Carlton have already ended their alignment with VFL affiliates Northern Blues, with the sport’s financial woes certain to have further knock-on effects for the VFL, SANFL, WAFL and NEAFL plus their clubs.

Coupled with a likely reduction in list sizes at AFL level, there are concerns that players overlooked in future drafts will not have a chance to follow in the footsteps of Michael Barlow, James Podsiadly and other mature-age success stories.

“The state leagues are so important to footy in general,” Riccardi said.

“They’re just a much-needed part of the whole structure.

“You need somewhere for AFL-listed guys to come down and show what they can do to get back in the ones, or for guys who need longer to develop.

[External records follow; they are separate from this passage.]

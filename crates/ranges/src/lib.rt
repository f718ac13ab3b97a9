// Judging a number by its range of the paper (01, 'Units and ranges'), a function for each quantity of the
// table (specs/Table.antt): an end of a range stands in its function and nowhere else in the code. Quantities
// with the same ends have a function each, since each is a row of the table, which its contract names.
#![tactic(auto, unfolding(crate::specs::Table::temperature_ok, crate::specs::Table::draw_prover_ok, crate::specs::Table::draw_measure_ok, crate::specs::Table::pressure_ok, crate::specs::Table::coefficient_ok, crate::specs::Table::modulus_ok, crate::specs::Table::diameter_ok, crate::specs::Table::wall_ok, crate::specs::Table::compressibility_ok, crate::specs::Table::ctl_ok, crate::specs::Table::run_factor_ok, crate::specs::Table::ctdw_ok, crate::specs::Table::volume_ok, crate::specs::Table::pulses_ok, crate::specs::Table::k_factor_ok, crate::specs::Table::limit_ok, crate::specs::Table::runs_ok, crate::specs::Table::passes_ok, crate::specs::Table::paired_passes_ok, crate::specs::Table::fills_ok, crate::specs::Table::certified_ok, crate::specs::Table::scale_ok, crate::specs::Table::reading_ok, crate::specs::Table::meter_factor_ok, crate::specs::Table::sediment_ok, crate::specs::Table::gravity_ok, crate::specs::Table::entries_ok, crate::specs::Table::moved_ok))]

ghost use Rattle.std.specs.Prelude.{◌≡◌};
ghost use Rattle.ranges.specs.Table.{temperature_ok, draw_prover_ok, draw_measure_ok, pressure_ok, coefficient_ok, modulus_ok, diameter_ok, wall_ok, compressibility_ok, ctl_ok, run_factor_ok, ctdw_ok, volume_ok, pulses_ok, k_factor_ok, limit_ok, runs_ok, passes_ok, paired_passes_ok, fills_ok, certified_ok, scale_ok, reading_ok, meter_factor_ok, sediment_ok, gravity_ok, entries_ok, moved_ok};

// Prover and meter temperature, 0.1 °F.
pub fn is_temperature(t: i16) -> bool
    ensures { result ≡ temperature_ok t }
{
    (-200..=2000).contains(&t)
}

// Water draw: the prover's temperature, 0.1 °F.
pub fn is_draw_prover(t: i16) -> bool
    ensures { result ≡ draw_prover_ok t }
{
    (350..=1050).contains(&t)
}

// Water draw: the measure's temperature, 0.1 °F.
pub fn is_draw_measure(t: i16) -> bool
    ensures { result ≡ draw_measure_ok t }
{
    (321..=1050).contains(&t)
}

// Pressure, psi gage.
pub fn is_pressure(p: u64) -> bool
    ensures { result ≡ pressure_ok p }
{
    (0..=1500).contains(&p)
}

// Cubical coefficient, 10^-7 per °F.
pub fn is_coefficient(gc: u64) -> bool
    ensures { result ≡ coefficient_ok gc }
{
    (100..=400).contains(&gc)
}

// Modulus E, psi.
pub fn is_modulus(e: u64) -> bool
    ensures { result ≡ modulus_ok e }
{
    (10000000..=40000000).contains(&e)
}

// Inside diameter ID, 0.001 inch.
pub fn is_diameter(id: u64) -> bool
    ensures { result ≡ diameter_ok id }
{
    (1000..=60000).contains(&id)
}

// Wall WT, 0.001 inch.
pub fn is_wall(wt: u64) -> bool
    ensures { result ≡ wall_ok wt }
{
    (100..=3000).contains(&wt)
}

// Compressibility F, 10^-8 per psi.
pub fn is_compressibility(f: u64) -> bool
    ensures { result ≡ compressibility_ok f }
{
    (0..=10000).contains(&f)
}

// CTL, 0.0001.
pub fn is_ctl(ctl: u64) -> bool
    ensures { result ≡ ctl_ok ctl }
{
    (5000..=15000).contains(&ctl)
}

// Run factor, 0.0001.
pub fn is_run_factor(factor: u64) -> bool
    ensures { result ≡ run_factor_ok factor }
{
    (8000..=12000).contains(&factor)
}

// CTDW, 0.000001.
pub fn is_ctdw(ctdw: u64) -> bool
    ensures { result ≡ ctdw_ok ctdw }
{
    (980000..=1020000).contains(&ctdw)
}

// Base and indicated volume, 0.0001 barrel.
pub fn is_volume(volume: u64) -> bool
    ensures { result ≡ volume_ok volume }
{
    (1..=100000000).contains(&volume)
}

// Pulses, 0.001 pulse.
pub fn are_pulses(pulses: u64) -> bool
    ensures { result ≡ pulses_ok pulses }
{
    (1000..=100000000000).contains(&pulses)
}

// K factor, 0.001 pulse per barrel.
pub fn is_k_factor(k: u64) -> bool
    ensures { result ≡ k_factor_ok k }
{
    (1..=1000000000).contains(&k)
}

// Repeatability limit, 1 in 10,000.
pub fn is_limit(limit: u64) -> bool
    ensures { result ≡ limit_ok limit }
{
    (1..=100).contains(&limit)
}

// Runs in a job.
pub fn are_runs(runs: u64) -> bool
    ensures { result ≡ runs_ok runs }
{
    (5..=20).contains(&runs)
}

// Passes in a draw.
pub fn are_passes(passes: u64) -> bool
    ensures { result ≡ passes_ok passes }
{
    (3..=20).contains(&passes)
}

// Passes in a draw of a bidirectional prover.
pub fn are_paired_passes(passes: u64) -> bool
    ensures { result ≡ paired_passes_ok passes }
{
    (6..=20).contains(&passes)
}

// Fills in a draw.
pub fn are_fills(fills: u64) -> bool
    ensures { result ≡ fills_ok fills }
{
    (3..=60).contains(&fills)
}

// Certified volume, 0.01 cubic inch.
pub fn is_certified(volume: u64) -> bool
    ensures { result ≡ certified_ok volume }
{
    (20000..=100000000).contains(&volume)
}

// Scale reading, 0.01 cubic inch.
pub fn is_scale(scale: i16) -> bool
    ensures { result ≡ scale_ok scale }
{
    (-10000..=10000).contains(&scale)
}

// A meter's reading, 0.01 barrel.
pub fn is_reading(reading: u64) -> bool
    ensures { result ≡ reading_ok reading }
{
    (0..=99999999).contains(&reading)
}

// The supplied meter factor, 0.0001.
pub fn is_meter_factor(mf: u64) -> bool
    ensures { result ≡ meter_factor_ok mf }
{
    (8000..=12000).contains(&mf)
}

// Sediment and water S, 0.001 %.
pub fn is_sediment(s: u64) -> bool
    ensures { result ≡ sediment_ok s }
{
    (0..=100000).contains(&s)
}

// API gravity, 0.1 °API.
pub fn is_gravity(gravity: u64) -> bool
    ensures { result ≡ gravity_ok gravity }
{
    (0..=900).contains(&gravity)
}

// Entries of a table of compressibility.
pub fn are_entries(entries: u64) -> bool
    ensures { result ≡ entries_ok entries }
{
    (1..=4096).contains(&entries)
}

// Records of a file to be moved.
pub fn are_moved(records: u64) -> bool
    ensures { result ≡ moved_ok records }
{
    (1..=4096).contains(&records)
}
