//! The obligations of a hierarchy over small records of truth-valued functions, and that the start meets
//! them: definitions and lemmas only, free of lists and of the program.
//!
//! The hierarchy that a concept lattice proposes meets its obligations: a law, and its lemmas.
#![tactic(auto)]

ghost use Rattle.hier_laws.specs.Laws.{StartMeets};

/// For facts in order with their sets, their closed table and its lattice, the hierarchy of the lattice
/// meets the obligations B2 to B8 (its order is a partial order: B1).
pub fn start_meets()
    ensures { StartMeets }
{}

“Then you’ve got guys like me last year, coming out of the TAC Cup (under-18 competition) and probably not yet ready (for the AFL).

“It’d be very hard to see how everything works without them in place … if they were to come down, it’d be devastating.”

The AFL is yet to nominate a date for round two of its season but believed to be tracking towards a June resumption, while all state leagues remain shut down until at least May 31.

There has been speculation regarding the possible launch of a national league for AFL clubs’ reserves, but West Coast chief executive Trevor Nisbett has made it clear it would be too expensive for the Eagles to take part.

“I don’t really know what will happen if those state leagues don’t get up and running … it’d just be all 18-year-olds in the draft I guess,” Hutchesson said.

“Hopefully they all come back sooner rather than later.

“They are a massive part of the AFL, a pathway to the AFL.”